The problem is that we don't know quite "how much choice" is truly needed. We only know that it is somewhere between "all the choice" and "some of the choice". In other words, there is no easy-to-formulate-and-understand choice principle which gives you the correct provability power. Or at least, we don't know of one.
And it's even worse. Since the axiom of choice can start failing in a arbitrarily high stage of the von Neumann hierarchy, we can't even say something about the least stage where this fails.
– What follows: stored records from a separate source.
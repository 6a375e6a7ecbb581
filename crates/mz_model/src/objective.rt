// The objective: the cell of what is minimized or maximized.

ghost use Rattle.mz_core.specs.Program.{goal};
ghost use Rattle.mz_core.specs.TreeViews.{tree};
ghost use Rattle.mz_meaning.specs.Contexts.{Positive};
ghost use Rattle.mz_meaning.specs.Walk.{aim, aimed};
ghost use Rattle.mz_symbol.specs.Makes.{GoesOn, Means};
ghost use Rattle.mz_eval_scopes.specs.Seen.{world_seen};
ghost use Rattle.mz_model.specs.Loops.{aim_seen};

use crate::evaluation::expanded;
use mz_base::Stop;
use mz_core::{Core, CoreGoal};
use mz_eval_cells::Known;
use mz_eval_scopes::World;
use mz_symbol::Run;
use std::alloc::Global;

fn cell_of(alloc: Global, world: &World, e: &Core, run: &mut Run) -> Result<Option<Known>, Stop>
    ensures goes { GoesOn run.old run.new }
    ensures means { Means aim_seen result run.old run.new (λ r. aimed (world_seen r world.now) Positive (tree e.now)) }
{
    let k = expanded(alloc, world, e, run)?;
    Ok(Some(k))
}

/// The cell of what is minimized or maximized; none where the model is to be satisfied.
pub(crate) fn objective(
    alloc: Global,
    world: &World,
    g: &CoreGoal,
    run: &mut Run,
) -> Result<Option<Known>, Stop>
    ensures goes { GoesOn run.old run.new }
    ensures means { Means aim_seen result run.old run.new (λ r. aim (world_seen r world.now) Positive (goal g.now)) }
{
    match g {
        CoreGoal::Satisfy => Ok(None),
        CoreGoal::Minimize(e) => cell_of(alloc, world, e, run),
        CoreGoal::Maximize(e) => cell_of(alloc, world, e, run),
    }
}
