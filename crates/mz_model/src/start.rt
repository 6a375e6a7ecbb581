// The walk's start, where nothing is in hand.

ghost use Rattle.std.specs.Prelude.{◌≡◌, [], Some};
ghost use Rattle.mz_meaning.specs.Unbounded.{first_unbounded};
ghost use Rattle.mz_model.specs.Walks.{AreReadable, names_of, program_of};
ghost use Rattle.mz_model.specs.Ending.{StopHalts};

use crate::types::{Names, Task};
use mz_base::{Fault, Kind, Span, Stop};
use mz_eval_scopes::Env;
use mz_model_state::{declarations_are_walked, walks_are_closed};
use mz_symbol::Run;
use std::alloc::Global;

/// No name is in hand.
#[tactic(auto, using(crate::proofs::Starts::none_readable))]
pub(crate) fn no_names(alloc: Global) -> Names
    ensures readable { AreReadable result }
    ensures none { names_of result ≡ [] }
{
    Names {
        list: Vec::new(alloc),
        env: Env::new(alloc),
        parts: 0,
    }
}

/// The refusal of a declaration without a value and without a bound, whose name is here.
pub(crate) fn unbounded(alloc: Global, task: &Task, at: Span) -> Stop
    requires { first_unbounded (program_of task.now) ≡ Some at }
    ensures { StopHalts task.now result }
{
    walks_are_closed();
    declarations_are_walked();
    let run = Run::new(alloc);
    let _nodes = run.arena();
    Stop::Refused(Fault::at(Kind::UnboundedSet, at))
}
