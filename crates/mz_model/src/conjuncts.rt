// How many roots a written conjunction has. Nothing is promised of it: the number only tells how the
// node of a constraint is taken apart.

use crate::evaluation::expanded;
use mz_base::Memory;
use mz_core::{Core, CoreForm, CoreStep};
use mz_eval_cells::{Item, Known, bounds_in, share, var_cell};
use mz_eval_scopes::{Env, Scope, World, seek};
use mz_operations::{Connective, Row, ScalarRow, row_of};
use mz_symbol::Run;
use std::alloc::{AllocError, Global};

fn is_conjunction(number: u32) -> bool {
    match row_of(number) {
        Some(Row::Scalar(ScalarRow::Logic(Connective::And))) => true,
        _ => false,
    }
}

/// Whether the operators of a chain, which are of one level, are conjunctions.
fn are_conjunctions(all: &[CoreStep]) -> bool {
    match all {
        [] => false,
        [s, ..] => is_conjunction(s.row),
    }
}

/// Whether a cell is false or undefined whatever values there are.
fn is_unmet(k: &Known) -> bool {
    match k {
        Known::Undefined => true,
        Known::One(Item::Bool(b)) => !*b,
        _ => false,
    }
}

/// A name's cell without what tells a variable's value.
fn untold(alloc: Global, k: &Known) -> Result<Known, AllocError> {
    match k {
        Known::Var(_) | Known::Row(_, _) => var_cell(alloc, bounds_in(alloc, k)?),
        _ => share(k),
    }
}

/// The cells of so many names without what tells their values, so that an evaluation over them makes
/// none of their nodes.
fn untold_names(alloc: Global, world: &World, count: u64) -> Result<Env, Memory> {
    let mut env = Env::new(alloc);
    let top = Scope::Top;
    for slot in 0..count {
        if let Some(k) = seek(world, &top, slot) {
            env.set_cell(slot, untold(alloc, k)?)?;
        }
    }
    Ok(env)
}

/// 1 for an expression that is par and isn't true. It is evaluated by itself, and its work isn't counted.
fn one_unmet(alloc: Global, world: &World, e: &Core) -> u64 {
    let mut apart = Run::new(alloc);
    match expanded(alloc, world, e, &mut apart) {
        Ok(k) => is_unmet(&k) as u64,
        Err(_) => 0,
    }
}

/// How many of the operands of a conjunction, and of the conjunctions among these, are par and not true.
#[cycle(unmet)]
fn unmet_count(alloc: Global, world: &World, e: &Core) -> u64 {
    match &e.form {
        CoreForm::Coerce(_, part) => unmet_count(alloc, world, part),
        CoreForm::Chain(first, all) => {
            if !are_conjunctions(all.as_slice()) {
                return one_unmet(alloc, world, e);
            }
            let before = unmet_count(alloc, world, first);
            unmet_among(alloc, world, all.as_slice()).saturating_add(before)
        }
        _ => one_unmet(alloc, world, e),
    }
}

#[cycle(unmet)]
fn unmet_among(alloc: Global, world: &World, all: &[CoreStep]) -> u64 {
    let mut count = 0_u64;
    for s in all {
        let more = unmet_count(alloc, world, &s.operand);
        count = count.saturating_add(more);
    }
    count
}

/// How many operands a conjunction has, with those of the conjunctions that are its first operand.
fn written_count(e: &Core) -> u64 {
    match &e.form {
        CoreForm::Coerce(_, part) => written_count(part),
        CoreForm::Chain(first, all) => {
            if are_conjunctions(all.as_slice()) {
                written_count(first).saturating_add(all.len() as u64)
            } else {
                1
            }
        }
        _ => 1,
    }
}

/// The same of one that is par and false: one for each operand that is false. The operands are
/// evaluated over the names' untold cells, which are made once and kept.
fn false_count(alloc: Global, world: &World, names: u64, e: &Core, kept: &mut Option<Env>) -> u64 {
    if kept.is_none() {
        let Ok(env) = untold_names(alloc, world, names) else {
            return 1;
        };
        *kept = Some(env);
    }
    let Some(env) = &*kept else {
        return 1;
    };
    let apart = World {
        program: world.program,
        env,
        budget: world.budget,
        int_range: world.int_range,
    };
    unmet_count(alloc, &apart, e)
}

/// How many roots a constraint with this cell has, where there are so many names: of a conjunction that
/// is par and false one for each operand that is false, and of another one for each operand. A
/// conjunction in parentheses that isn't the first operand is one of them where it is var.
pub(crate) fn operand_count(
    alloc: Global,
    world: &World,
    names: u64,
    e: &Core,
    cell: &Known,
    kept: &mut Option<Env>,
) -> u64 {
    let written = written_count(e);
    if written > 1 && is_unmet(cell) {
        false_count(alloc, world, names, e, kept)
    } else {
        written
    }
}
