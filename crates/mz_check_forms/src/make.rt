// Typed expressions, made from their place, their type and their parts.

ghost use Rattle.std.specs.Prelude.{◌≡◌, IfOk, map};
ghost use Rattle.std.specs.Option.{option_map};
ghost use Rattle.mz_core.specs.Types.{plain_type};
ghost use Rattle.mz_core.specs.Tree as pure;
ghost use Rattle.mz_core.specs.TreeViews.{tree, branch, gen, item, step};

use mz_base::{Memory, Name, Span};
use mz_core::{Coercion, Core, CoreForm, CoreGen, CoreItem, CoreStep, TypeInst};
use std::alloc::Global;

pub fn make_bool(span: Span, ty: TypeInst, b: bool) -> Core
    ensures { tree result ≡ pure.node span (plain_type ty) (pure.bool b) }
{
    Core {
        span,
        ty,
        form: CoreForm::Bool(b),
    }
}

pub fn make_int(span: Span, ty: TypeInst, n: i64) -> Core
    ensures { tree result ≡ pure.node span (plain_type ty) (pure.int n) }
{
    Core {
        span,
        ty,
        form: CoreForm::Int(n),
    }
}

/// A case of an enum, by the enum's number and its own, of which the first is 1.
pub fn make_case(span: Span, ty: TypeInst, of: u64, number: i64) -> Core
    ensures { tree result ≡ pure.node span (plain_type ty) (pure.case of number) }
{
    Core {
        span,
        ty,
        form: CoreForm::Enum(of, number),
    }
}

pub fn make_text(span: Span, ty: TypeInst, content: Name) -> Core
    ensures { tree result ≡ pure.node span (plain_type ty) (pure.text content) }
{
    Core {
        span,
        ty,
        form: CoreForm::Text(content),
    }
}

/// `<>`
pub fn make_absent(span: Span, ty: TypeInst) -> Core
    ensures { tree result ≡ pure.node span (plain_type ty) pure.absent }
{
    Core {
        span,
        ty,
        form: CoreForm::Absent,
    }
}

/// The set of all cases of an enum.
pub fn make_enum_set(span: Span, ty: TypeInst, of: u64) -> Core
    ensures { tree result ≡ pure.node span (plain_type ty) (pure.enum_set of) }
{
    Core {
        span,
        ty,
        form: CoreForm::EnumSet(of),
    }
}

pub fn make_slot(span: Span, ty: TypeInst, slot: u64) -> Core
    ensures { tree result ≡ pure.node span (plain_type ty) (pure.slot slot) }
{
    Core {
        span,
        ty,
        form: CoreForm::Slot(slot),
    }
}

fn chain_node(span: Span, ty: TypeInst, first: Box<Core>, steps: Vec<CoreStep>) -> Core
    ensures { tree result ≡ pure.node span (plain_type ty) (pure.chain (tree first.value) (pure.steps (map step steps.items))) }
{
    Core {
        span,
        ty,
        form: CoreForm::Chain(first, steps),
    }
}

/// The first operand, and the operators of one level with their other operands.
pub fn make_chain(
    alloc: Global,
    span: Span,
    ty: TypeInst,
    first: Core,
    steps: Vec<CoreStep>,
) -> Result<Core, Memory>
    ensures { IfOk result (λ x. tree x ≡ pure.node span (plain_type ty) (pure.chain (tree first) (pure.steps (map step steps.items)))) }
{
    let first = Box::new(alloc, first)?;
    Ok(chain_node(span, ty, first, steps))
}

/// A row of the table of built-ins, by its number.
pub fn make_builtin(span: Span, ty: TypeInst, row: u32, args: Vec<Core>) -> Core
    ensures { tree result ≡ pure.node span (plain_type ty) (pure.builtin row (pure.trees (map tree args.items))) }
{
    Core {
        span,
        ty,
        form: CoreForm::Builtin(row, args),
    }
}

/// A function, by its place among the program's.
pub fn make_call(span: Span, ty: TypeInst, function: u64, args: Vec<Core>) -> Core
    ensures { tree result ≡ pure.node span (plain_type ty) (pure.call function (pure.trees (map tree args.items))) }
{
    Core {
        span,
        ty,
        form: CoreForm::Call(function, args),
    }
}

pub fn make_access(
    alloc: Global,
    span: Span,
    ty: TypeInst,
    of: Core,
    indices: Vec<Core>,
) -> Result<Core, Memory>
    ensures { IfOk result (λ x. tree x ≡ pure.node span (plain_type ty) (pure.access (tree of) (pure.trees (map tree indices.items)))) }
{
    let of = Box::new(alloc, of)?;
    Ok(Core {
        span,
        ty,
        form: CoreForm::Access(of, indices),
    })
}

pub fn make_array(span: Span, ty: TypeInst, elements: Vec<Core>) -> Core
    ensures { tree result ≡ pure.node span (plain_type ty) (pure.array (pure.trees (map tree elements.items))) }
{
    Core {
        span,
        ty,
        form: CoreForm::Array(elements),
    }
}

/// An array literal of two dimensions.
pub fn make_rows(span: Span, ty: TypeInst, lines: Vec<Vec<Core>>) -> Core
    ensures { tree result ≡ pure.node span (plain_type ty) (pure.rows (pure.rows_of (map (λ r. map tree r.items) lines.items))) }
{
    Core {
        span,
        ty,
        form: CoreForm::Rows(lines),
    }
}

pub fn make_set(span: Span, ty: TypeInst, elements: Vec<Core>) -> Core
    ensures { tree result ≡ pure.node span (plain_type ty) (pure.set (pure.trees (map tree elements.items))) }
{
    Core {
        span,
        ty,
        form: CoreForm::Set(elements),
    }
}

fn comprehension_node(
    span: Span,
    ty: TypeInst,
    braces: bool,
    head: Box<Core>,
    generators: Vec<CoreGen>,
) -> Core
    ensures { tree result ≡ pure.node span (plain_type ty) (pure.comp braces (tree head.value) (pure.gens (map gen generators.items))) }
{
    Core {
        span,
        ty,
        form: CoreForm::Comp(braces, head, generators),
    }
}

/// A comprehension, in braces or not.
pub fn make_comprehension(
    alloc: Global,
    span: Span,
    ty: TypeInst,
    braces: bool,
    head: Core,
    generators: Vec<CoreGen>,
) -> Result<Core, Memory>
    ensures { IfOk result (λ x. tree x ≡ pure.node span (plain_type ty) (pure.comp braces (tree head) (pure.gens (map gen generators.items)))) }
{
    let head = Box::new(alloc, head)?;
    Ok(comprehension_node(span, ty, braces, head, generators))
}

/// Conditions, each with its branch, and an `else` where there is one.
pub fn make_if(
    alloc: Global,
    span: Span,
    ty: TypeInst,
    cases: Vec<(Core, Core)>,
    other: Option<Core>,
) -> Result<Core, Memory>
    ensures { IfOk result (λ x. tree x ≡ pure.node span (plain_type ty) (pure.choice (pure.branches (map branch cases.items)) (pure.maybe (option_map tree other)))) }
{
    let other = match other {
        None => None,
        Some(other) => Some(Box::new(alloc, other)?),
    };
    Ok(Core {
        span,
        ty,
        form: CoreForm::If(cases, other),
    })
}

fn let_node(span: Span, ty: TypeInst, items: Vec<CoreItem>, body: Box<Core>) -> Core
    ensures { tree result ≡ pure.node span (plain_type ty) (pure.let_in (pure.items (map item items.items)) (tree body.value)) }
{
    Core {
        span,
        ty,
        form: CoreForm::Let(items, body),
    }
}

/// Items, each of which sees the declarations before it, and the body, which sees all.
pub fn make_let(
    alloc: Global,
    span: Span,
    ty: TypeInst,
    items: Vec<CoreItem>,
    body: Core,
) -> Result<Core, Memory>
    ensures { IfOk result (λ x. tree x ≡ pure.node span (plain_type ty) (pure.let_in (pure.items (map item items.items)) (tree body))) }
{
    let body = Box::new(alloc, body)?;
    Ok(let_node(span, ty, items, body))
}

/// One step of coercion, to this type.
pub fn make_coercion(
    alloc: Global,
    span: Span,
    ty: TypeInst,
    coercion: Coercion,
    inner: Core,
) -> Result<Core, Memory>
    ensures { IfOk result (λ x. tree x ≡ pure.node span (plain_type ty) (pure.coerce coercion (tree inner))) }
{
    let inner = Box::new(alloc, inner)?;
    Ok(Core {
        span,
        ty,
        form: CoreForm::Coerce(coercion, inner),
    })
}
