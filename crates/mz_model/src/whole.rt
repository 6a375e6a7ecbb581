// All declarations, and then all constraints.

ghost use Rattle.std.specs.Prelude.{IfOk};
ghost use Rattle.mz_meaning.specs.Walk.{ordered};
ghost use Rattle.mz_model.specs.Walks.{AreReadable, IsUpTo, names_of, program_of};
ghost use Rattle.mz_model.specs.Loops.{WalkEnds};

use crate::constraints::constrain_each;
use crate::declarations::declare_each;
use crate::types::{HeldConstraint, Names, Task};
use mz_base::Stop;
use mz_model_state::walks_go_on;
use mz_symbol::Run;
use std::alloc::Global;

/// The constraints, after all declarations, of which none is in hand yet.
pub(crate) fn walked(
    alloc: Global,
    task: &Task,
    names: &mut Names,
    run: &mut Run,
) -> Result<Vec<HeldConstraint>, Stop>
    requires readable { AreReadable names.old }
    requires begun { IsUpTo task.now run.old (names_of names.old) (ordered (program_of task.now).decls (program_of task.now).order) }
    ensures ends { WalkEnds task.now run.new (names_of names.new) result }
    ensures readable { IfOk result (λ _. AreReadable names.new) }
{
    walks_go_on();
    declare_each(alloc, task, names, task.program.order.as_slice(), run)?;
    constrain_each(
        alloc,
        task,
        &*names,
        task.program.constraints.as_slice(),
        run,
    )
}
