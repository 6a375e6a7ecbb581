// The form of a declaration: its index sets, its set and its value, evaluated in order.

ghost use Rattle.std.specs.Prelude.{[], None, Some, map};
ghost use Rattle.std.specs.Option.{option_map};
ghost use Rattle.mz_core.specs.TreeViews.{tree, decl};
ghost use Rattle.mz_meaning.specs.Contexts.{Positive};
ghost use Rattle.mz_meaning.specs.Evaluation.{eval};
ghost use Rattle.mz_meaning.specs.Runs.{loop};
ghost use Rattle.mz_meaning.specs.Walk as walk;
ghost use Rattle.mz_meaning.specs.Walk.{levels};
ghost use Rattle.mz_symbol.specs.Makes.{GoesOn, Means};
ghost use Rattle.mz_model_names.specs.Formed.{wanted, wants_of, form_seen};
ghost use Rattle.mz_eval_scopes.specs.Seen.{world_seen};
ghost use Rattle.mz_model_state.specs.Forms as forms;

use crate::evaluation::expanded;
use mz_base::Stop;
use mz_core::{Core, CoreDecl};
use mz_eval::{counted, declared_weight, place_of};
use mz_eval_cells::undefined;
use mz_eval_scopes::World;
use mz_model_names::{Form, Want, defined_index, defined_set, fitted, free_form, valued_form};
use mz_symbol::Run;
use std::alloc::Global;

fn index_want(alloc: Global, world: &World, e: &Option<Core>, run: &mut Run) -> Result<Want, Stop>
    ensures goes { GoesOn run.old run.new }
    ensures means { Means (λ _. wanted) result run.old run.new
        (λ r. walk.set_want (eval (world_seen r world.now) levels) Positive walk.defined_index (option_map tree e.now) (world_seen r world.now).top) }
{
    match e {
        None => Ok(Want::Anything),
        Some(x) => {
            let c = expanded(alloc, world, x, run)?;
            defined_index(alloc, place_of(x), &c)
        }
    }
}

fn index_wants(
    alloc: Global,
    world: &World,
    all: &[Option<Core>],
    run: &mut Run,
) -> Result<Vec<Want>, Stop>
    ensures goes { GoesOn run.old run.new }
    ensures means { Means (λ _ v. wants_of v.items) result run.old run.new
        (λ r. loop (walk.one_index (eval (world_seen r world.now) levels) Positive (world_seen r world.now).top) [] (map (option_map tree) all.now)) }
{
    let mut wants = Vec::new(alloc);
    for e in all {
        let w = index_want(alloc, world, e, run)?;
        wants.push(w)?;
    }
    Ok(wants)
}

fn set_want(alloc: Global, world: &World, e: &Option<Core>, run: &mut Run) -> Result<Want, Stop>
    ensures goes { GoesOn run.old run.new }
    ensures means { Means (λ _. wanted) result run.old run.new
        (λ r. walk.set_want (eval (world_seen r world.now) levels) Positive walk.defined_set (option_map tree e.now) (world_seen r world.now).top) }
{
    match e {
        None => Ok(Want::Anything),
        Some(x) => {
            let c = expanded(alloc, world, x, run)?;
            defined_set(alloc, place_of(x), &c)
        }
    }
}

fn free(
    alloc: Global,
    world: &World,
    d: &CoreDecl,
    ws: &[Want],
    w: &Want,
    run: &mut Run,
) -> Result<Form, Stop>
    ensures goes { GoesOn run.old run.new }
    ensures means { Means (form_seen (decl d.now).ty.ty) result run.old run.new
        (λ r. forms.value_form (world_seen r world.now) (eval (world_seen r world.now) levels) Positive (decl d.now)
        (wants_of ws.now) (wanted w.now) (world_seen r world.now).top None) }
{
    let none = undefined();
    counted(alloc, world, d.span, ws, &none, run)?;
    let f = free_form(alloc, &world.int_range, &d.ty.ty, ws, w)?;
    Ok(f)
}

fn valued(
    alloc: Global,
    world: &World,
    d: &CoreDecl,
    ws: &[Want],
    w: &Want,
    e: &Core,
    run: &mut Run,
) -> Result<Form, Stop>
    ensures goes { GoesOn run.old run.new }
    ensures means { Means (form_seen (decl d.now).ty.ty) result run.old run.new
        (λ r. forms.value_form (world_seen r world.now) (eval (world_seen r world.now) levels) Positive (decl d.now)
        (wants_of ws.now) (wanted w.now) (world_seen r world.now).top (Some (tree e.now))) }
{
    let c = expanded(alloc, world, e, run)?;
    counted(alloc, world, d.span, ws, &c, run)?;
    let f = fitted(alloc, place_of(e), ws, c)?;
    valued_form(alloc, place_of(e), &d.ty.ty, ws, w, f)
}

fn by_value(
    alloc: Global,
    world: &World,
    d: &CoreDecl,
    ws: &[Want],
    w: &Want,
    run: &mut Run,
) -> Result<Form, Stop>
    ensures goes { GoesOn run.old run.new }
    ensures means { Means (form_seen (decl d.now).ty.ty) result run.old run.new
        (λ r. forms.value_form (world_seen r world.now) (eval (world_seen r world.now) levels) Positive (decl d.now)
        (wants_of ws.now) (wanted w.now) (world_seen r world.now).top (decl d.now).value) }
{
    match &d.value {
        None => free(alloc, world, d, ws, w, run),
        Some(e) => valued(alloc, world, d, ws, w, e, run),
    }
}

/// The form of a declaration: its weight, its index sets, its set and its value, in order. What the
/// weight pays for is saved, for the nodes of the name.
pub(crate) fn form_of(
    alloc: Global,
    world: &World,
    d: &CoreDecl,
    run: &mut Run,
) -> Result<Form, Stop>
    ensures goes { GoesOn run.old run.new }
    ensures means { Means (form_seen (decl d.now).ty.ty) result run.old run.new
        (λ r. forms.form_in (world_seen r world.now) (eval (world_seen r world.now) levels) Positive (decl d.now) (world_seen r world.now).top) }
{
    declared_weight(run)?;
    let ws = index_wants(alloc, world, &d.ty.index, run)?;
    let w = set_want(alloc, world, &d.ty.set, run)?;
    by_value(alloc, world, d, &ws, &w, run)
}
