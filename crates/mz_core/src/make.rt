// Types that are made from parts, and copies of types.

ghost use Rattle.std.specs.Prelude.{◌≡◌, IfOk};
ghost use Rattle.mz_core.specs.Types.{plain_type};

use crate::types::{Base, Ix, TypeInst};
use mz_base::Memory;
use std::alloc::Global;

/// The type with these marks, this base, and copies of these index types.
#[tactic(auto, unfolding(crate::specs::Types::plain_type))]
pub fn make_type(
    alloc: Global,
    var: bool,
    opt: bool,
    base: Base,
    dims: &[Ix],
) -> Result<TypeInst, Memory>
    ensures { IfOk result (λ x. plain_type x ≡ record { var = var; opt = opt; base = base; dims = dims.now }) }
{
    let dims = Vec::from_slice(alloc, dims)?;
    Ok(TypeInst {
        var,
        opt,
        base,
        dims,
    })
}

/// An equal type.
#[tactic(auto, unfolding(crate::specs::Types::plain_type))]
pub fn copy_type(alloc: Global, t: &TypeInst) -> Result<TypeInst, Memory>
    ensures { IfOk result (λ x. plain_type x ≡ plain_type t.now) }
{
    make_type(alloc, t.var, t.opt, t.base, &t.dims)
}
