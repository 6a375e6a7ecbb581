// Laws of the order of types and of typed trees, for callers' proofs.

ghost use Rattle.mz_core.specs.Coercions.{IsPartialOrder};
ghost use Rattle.mz_core.specs.TreeViews.{TreesAreReadByLayers};

/// Each type is below itself, what is below a type below a third is below that one, and two types
/// that are below each other are equal. So two types have at most one join.
pub fn types_are_ordered()
    ensures { IsPartialOrder }
{}

/// The tree that an expression stands for has its place and its type, and its outermost layer is
/// that of the expression's form, with the trees of its parts.
pub fn trees_are_read_by_layers()
    ensures { TreesAreReadByLayers }
{}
It could be the case that any $X$ that you ever imagined would have $\Bbb R^X$ is well-orderable, which means we can construct the basis using transfinite recursion, and yet, somewhere out there, in space, there is an $X$ such that $\Bbb R^X$ does not have a Hamel basis.
Clearly if $X$ is finite, then the $\mathbb{R}$-vector space $F(X,\mathbb{R})$ of maps from $X$ to $\mathbb{R}$ has a basis - namely, consisting of the indicator functions $$\delta_a: x\mapsto 0\mbox{ if $x\not=a$, } x\mapsto 1\mbox{ if $x=a$}\quad (a\in X).$$
As soon as $X$ becomes infinite, however, some choice is needed: it is consistent with ZF that there is no basis for the $\mathbb{R}$-vector space of maps from $\mathbb{N}$ to $\mathbb{R}$ - in fact, we can replace $\mathbb{R}$ here by $\mathbb{Z}/2\mathbb{Z}$!
At the same time, there is no "moment" where full choice becomes needed: since choice can hold "up to a certain point" in the set theoretic universe yet fail later (that is, we could have every set of rank $<\alpha$ be well-orderable, but some non-well-orderable set of rank $\ge\alpha$), there's essentially never a "single instance" of, well, anything that implies full choice.